**Task brief:** Copy out, from the data below, each line in which the word "else" occurs.

**Records:**
//! Calls on clients that are made by methods of their own, and those with guards of layers: each is the engine's, beside a
//! share of the transports.

ghost use Rattle.std.specs.Prelude.{◌≡◌, Ok, Err, IfOk, IfErr, option_copied};
ghost use Rattle.sentry_calls.specs.Clients as clients;
ghost use Rattle.sentry_calls.specs.Layers as layers;
ghost use Rattle.sentry_calls.specs.Telemetry as telemetry;
ghost use Rattle.sentry_state.specs.Outcomes.{Does};
ghost use Rattle.sentry_lock.specs.Locked.{DrainsAll, DrainsAndDoes, Replies};

use crate::handed::Handed;
use crate::locked::Core;
use sentry_base::callbacks::EventCallback;
use sentry_base::protocol::{
    ClientKey, Envelope, Event, Fresh, HubKey, Log, MetricDraft, Refusal, Uuid,
};
use sentry_engine::ScopeGuard;
use sentry_options::Callbacks;
use sentry_plain::Boxed;
use sentry_scope::Scope;

impl<P: EventCallback + Drop, C: Callbacks, T: Drop> Core<P, C, T> {
    /// The event as a client would send it.
    pub(crate) fn prepare_event(
        &mut self,
        client: ClientKey,
        event: Event,
        scope: Option<&Scope<P>>,
        fresh: Fresh,
    ) -> Result<Option<Boxed<Event>>, Refusal>
        ensures done { IfOk result (λ reply. Replies self.old.engine self.new.engine reply
            (clients.prepare_event P.gives C.meanings client event (option_copied scope.entry) fresh)) }
        ensures refused { IfErr result (λ refusal. Does self.old.engine self.new.engine
            (Err refusal) (clients.prepare_event P.gives C.meanings client event (option_copied scope.entry) fresh)) }
        ensures drainers { self.new.drainers ≡ self.old.drainers }
        ensures labels { self.new.next_label ≡ self.old.next_label }
    {
        let out = self.engine.prepare_event(client, event, scope, fresh)?;
        Ok(out.reply)
    }

    /// Captures an event of a client.
    pub(crate) fn client_capture_event(
        &mut self,
        client: ClientKey,
        event: Event,
        scope: Option<&Scope<P>>,
        fresh: Fresh,
    ) -> Result<Handed<Uuid, T>, Refusal>
        ensures done { IfOk result (λ handed. DrainsAndDoes self.old.tag self.old.engine self.new.engine
            self.old.drainers self.new.drainers (Ok handed.out) (clients.client_capture_event P.gives C.meanings client event (option_copied scope.entry) fresh)) }
        ensures refused { IfErr result (λ _.
            DrainsAll self.old.tag self.old.engine self.new.engine self.old.drainers self.new.drainers) }
        ensures labels { self.new.next_label ≡ self.old.next_label }
    {
        let transports = self.drained()?;
        let out = self
            .engine
            .client_capture_event(client, event, scope, fresh)?;
        Ok(Handed {
            out,
            transports: Some(transports),
        })
    }

    /// Captures a log of a client.
    pub(crate) fn client_capture_log(
        &mut self,
        client: ClientKey,
        log: Log,
        scope: &Scope<P>,
    ) -> Result<Handed<(), T>, Refusal>
        ensures done { IfOk result (λ handed. DrainsAndDoes self.old.tag self.old.engine self.new.engine
            self.old.drainers self.new.drainers (Ok handed.out) (telemetry.client_capture_log C.meanings client log scope.now)) }
        ensures refused { IfErr result (λ _.
            DrainsAll self.old.tag self.old.engine self.new.engine self.old.drainers self.new.drainers) }
        ensures labels { self.new.next_label ≡ self.old.next_label }
    {
        let transports = self.drained()?;
        let out = self.engine.client_capture_log(client, log, scope)?;
        Ok(Handed {
            out,
            transports: Some(transports),
        })
    }

    /// Captures a metric of a client.
    pub(crate) fn client_capture_metric(
        &mut self,
        client: ClientKey,
        draft: MetricDraft,
        scope: &Scope<P>,
        now: u64,
    ) -> Result<Handed<(), T>, Refusal>
        ensures done { IfOk result (λ handed. DrainsAndDoes self.old.tag self.old.engine self.new.engine
            self.old.drainers self.new.drainers (Ok handed.out) (telemetry.client_capture_metric C.meanings client draft scope.now now)) }
        ensures refused { IfErr result (λ _.
            DrainsAll self.old.tag self.old.engine self.new.engine self.old.drainers self.new.drainers) }
        ensures labels { self.new.next_label ≡ self.old.next_label }
    {
        let transports = self.drained()?;
        let out = self
            .engine
            .client_capture_metric(client, draft, scope, now)?;
        Ok(Handed {
            out,
            transports: Some(transports),
        })
    }

    /// Sends an envelope of a client.
    pub(crate) fn send_envelope(
        &mut self,
        client: ClientKey,
        envelope: Envelope,
    ) -> Result<Handed<(), T>, Refusal>
        ensures done { IfOk result (λ handed. DrainsAndDoes self.old.tag self.old.engine self.new.engine
            self.old.drainers self.new.drainers (Ok handed.out) (clients.send_envelope client envelope)) }
        ensures refused { IfErr result (λ _.
            DrainsAll self.old.tag self.old.engine self.new.engine self.old.drainers self.new.drainers) }
        ensures labels { self.new.next_label ≡ self.old.next_label }
    {
        let transports = self.drained()?;
        let out = self.engine.send_envelope(client, envelope)?;
        Ok(Handed {
            out,
            transports: Some(transports),
        })
    }

    /// Flushes the queues of a client.
    pub(crate) fn flush(&mut self, client: ClientKey) -> Result<Handed<(), T>, Refusal>
        ensures done { IfOk result (λ handed. DrainsAndDoes self.old.tag self.old.engine self.new.engine
            self.old.drainers self.new.drainers (Ok handed.out) (clients.flush client)) }
        ensures refused { IfErr result (λ _.
            DrainsAll self.old.tag self.old.engine self.new.engine self.old.drainers self.new.drainers) }
        ensures labels { self.new.next_label ≡ self.old.next_label }
    {
        let transports = self.drained()?;
        let out = self.engine.flush(client)?;
        Ok(Handed {
            out,
            transports: Some(transports),
        })
    }

    /// Tells a client the moment.
    pub(crate) fn tick(&mut self, client: ClientKey, now: u64) -> Result<Handed<(), T>, Refusal>
        ensures done { IfOk result (λ handed. DrainsAndDoes self.old.tag self.old.engine self.new.engine
            self.old.drainers self.new.drainers (Ok handed.out) (clients.tick client now)) }
        ensures refused { IfErr result (λ _.
            DrainsAll self.old.tag self.old.engine self.new.engine self.old.drainers self.new.drainers) }
        ensures labels { self.new.next_label ≡ self.old.next_label }
    {
        let transports = self.drained()?;
        let out = self.engine.tick(client, now)?;
        Ok(Handed {
            out,
            transports: Some(transports),
        })
    }

    /// Closes a client.
    pub(crate) fn close(&mut self, client: ClientKey) -> Result<Handed<(), T>, Refusal>
        ensures done { IfOk result (λ handed. DrainsAndDoes self.old.tag self.old.engine self.new.engine
            self.old.drainers self.new.drainers (Ok handed.out) (clients.close client)) }
        ensures refused { IfErr result (λ _.
            DrainsAll self.old.tag self.old.engine self.new.engine self.old.drainers self.new.drainers) }
        ensures labels { self.new.next_label ≡ self.old.next_label }
    {
        let transports = self.drained()?;
        let out = self.engine.close(client)?;
        Ok(Handed {
            out,
            transports: Some(transports),
        })
    }

    /// Pushes a copy of a hub's top layer.
    pub(crate) fn push_scope(&mut self, hub: HubKey) -> Result<ScopeGuard, Refusal>
        ensures done { IfOk result (λ reply. Replies self.old.engine self.new.engine reply
            (layers.push_scope hub)) }
        ensures refused { IfErr result (λ refusal. Does self.old.engine self.new.engine
            (Err refusal) (layers.push_scope hub)) }
        ensures drainers { self.new.drainers ≡ self.old.drainers }
        ensures labels { self.new.next_label ≡ self.old.next_label }
    {
        let out = self.engine.push_scope(hub)?;
        Ok(out.reply)
    }

    /// Removes the layer that a guard stands for.
    pub(crate) fn pop_scope(
        &mut self,
        guard: ScopeGuard,
        now: u64,
    ) -> Result<Handed<(), T>, (Refusal, ScopeGuard)>
        ensures done { IfOk result (λ handed. DrainsAndDoes self.old.tag self.old.engine self.new.engine
            self.old.drainers self.new.drainers (Ok handed.out) (layers.pop_scope guard.0 guard.1 now)) }
        ensures refused { IfErr result (λ refused.
            DrainsAll self.old.tag self.old.engine self.new.engine self.old.drainers self.new.drainers × (refused.1 ≡ guard)) }
        ensures labels { self.new.next_label ≡ self.old.next_label }
    {
        let Ok(transports) = self.drained() else {
            return Err((Refusal::OutOfMemory, guard));
        };
        let out = self.engine.pop_scope(guard, now)?;
        Ok(Handed {
            out,
            transports: Some(transports),
        })
    }
}
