//! A transport during whose calls another thread makes a call on the same client: the lock is free then.
use crate::workshop::{Held, capture_event, capture_log, options};
use sentry_base::protocol::{Envelope, Refusal};
use sentry_lock::{Client, CoreLock};
use sentry_transport::Transport;
use std::alloc::Global;
use std::sync::{Arc, Mutex, Wait};
use std::test::Fail;
use std::thread::{Threads, join, yield_now};

/// How many calls of a transport began, how many of them were answered, and whether no more come.
#[derive(Clone, Copy)]
struct Turns {
    begun: u64,
    answered: u64,
    is_over: bool,
}

/// Waits in each call until another thread has answered it. Where that thread waits for a lock which is held meanwhile,
/// neither ends, and the test is stopped.
#[derive(Drop)]
pub(crate) struct Asks<R: Wait + Drop> {
    pub(crate) rt: R,
    turns: Mutex<Turns>,
}

impl<R: Wait + Drop> Asks<R> {
    pub(crate) fn new(rt: R) -> Asks<R> {
        Asks {
            rt,
            turns: Mutex::new(Turns {
                begun: 0,
                answered: 0,
                is_over: false,
            }),
        }
    }

    fn turns(&self) -> Turns {
        *self.turns.lock(&self.rt)
    }

    fn begin(&self) -> u64 {
        let mut turns = self.turns.lock(&self.rt);
        turns.begun = turns.begun.wrapping_add(1);
        turns.begun
    }

    pub(crate) fn answer(&self) {
        let mut turns = self.turns.lock(&self.rt);
        turns.answered = turns.answered.wrapping_add(1);
    }

    pub(crate) fn end(&self) {
        self.turns.lock(&self.rt).is_over = true;
    }

    /// How many calls began.
    pub(crate) fn begun(&self) -> u64 {
        self.turns().begun
    }

    /// Whether a call waits for an answer.
    pub(crate) fn is_asking(&self) -> bool {
        let turns = self.turns();
        turns.answered < turns.begun
    }

    /// Whether no more calls come.
    pub(crate) fn is_over(&self) -> bool {
        self.turns().is_over
    }

    fn ask(&self) {
        let begun = self.begin();
        for _ in self.rt.forever() {
            if self.turns().answered >= begun {
                return;
            }
            yield_now();
        }
    }
}

impl<R: Wait + Drop> Transport for Asks<R> {
    fn send_envelope(&self, _envelope: Envelope) {
        self.ask();
    }

    fn flush(&self, _timeout: u64) -> bool {
        self.ask();
        true
    }

    fn shutdown(&self, _timeout: u64) -> bool {
        self.ask();
        true
    }
}

/// Captures a log on the client for each call of its transport, until no more come.
fn answer_all<R: Wait + Drop, L: CoreLock>(
    client: &Client<L>,
    asks: &Asks<R>,
) -> Result<(), Refusal> {
    for _ in asks.rt.forever() {
        let turns = asks.turns();
        if turns.answered < turns.begun {
            capture_log(client)?;
            asks.answer();
        } else if turns.is_over {
            return Ok(());
        }
        yield_now();
    }
    Ok(())
}

/// Sends an event, flushes and closes.
fn call_all<R: Wait + Drop, L: CoreLock>(
    client: &Client<L>,
    asks: &Asks<R>,
) -> Result<[bool; 2], Refusal> {
    capture_event(client, 1)?;
    let is_flushed = client.flush(Some(1))?;
    let is_closed = client.close(Some(1))?;
    asks.end();
    Ok([is_flushed, is_closed])
}

/// Does so while another thread answers.
fn call_in_two_threads<R: Threads + Wait + Sync + Drop, L: CoreLock + Send + Sync + 'static>(
    rt: &R,
    client: &Client<L>,
    asks: &Asks<R>,
) -> Result<[bool; 2], Refusal>
where
    L::Processor: Send + Sync + 'static,
    L::Callbacks: Send + Sync + 'static,
    L::Transport: Send + Sync + 'static,
{
    let (ended, answered) = join(rt, || call_all(client, asks), || answer_all(client, asks));
    answered?;
    ended
}

#[test]
fn a_transport_is_called_without_the_lock(rt: HostRuntime) -> Result<(), Fail> {
    let alloc: Global = rt.alloc();
    let asks = Arc::new(alloc, Asks::new(rt))?;
    let transport = Some(asks.clone()?);
    let held = Held::new(rt, alloc, options(alloc, false)?, transport)?;
    let answers = call_in_two_threads(&rt, &held.client, &asks)?;
    assert!(rt; answers == [true; 2]);
    // an event, the log that came meanwhile, a flush, the log of that, and a shutdown
    assert!(rt; asks.turns().answered == 5);
    Ok(())
}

**The answer:**
        let Ok(transports) = self.drained() else {
        } else if turns.is_over {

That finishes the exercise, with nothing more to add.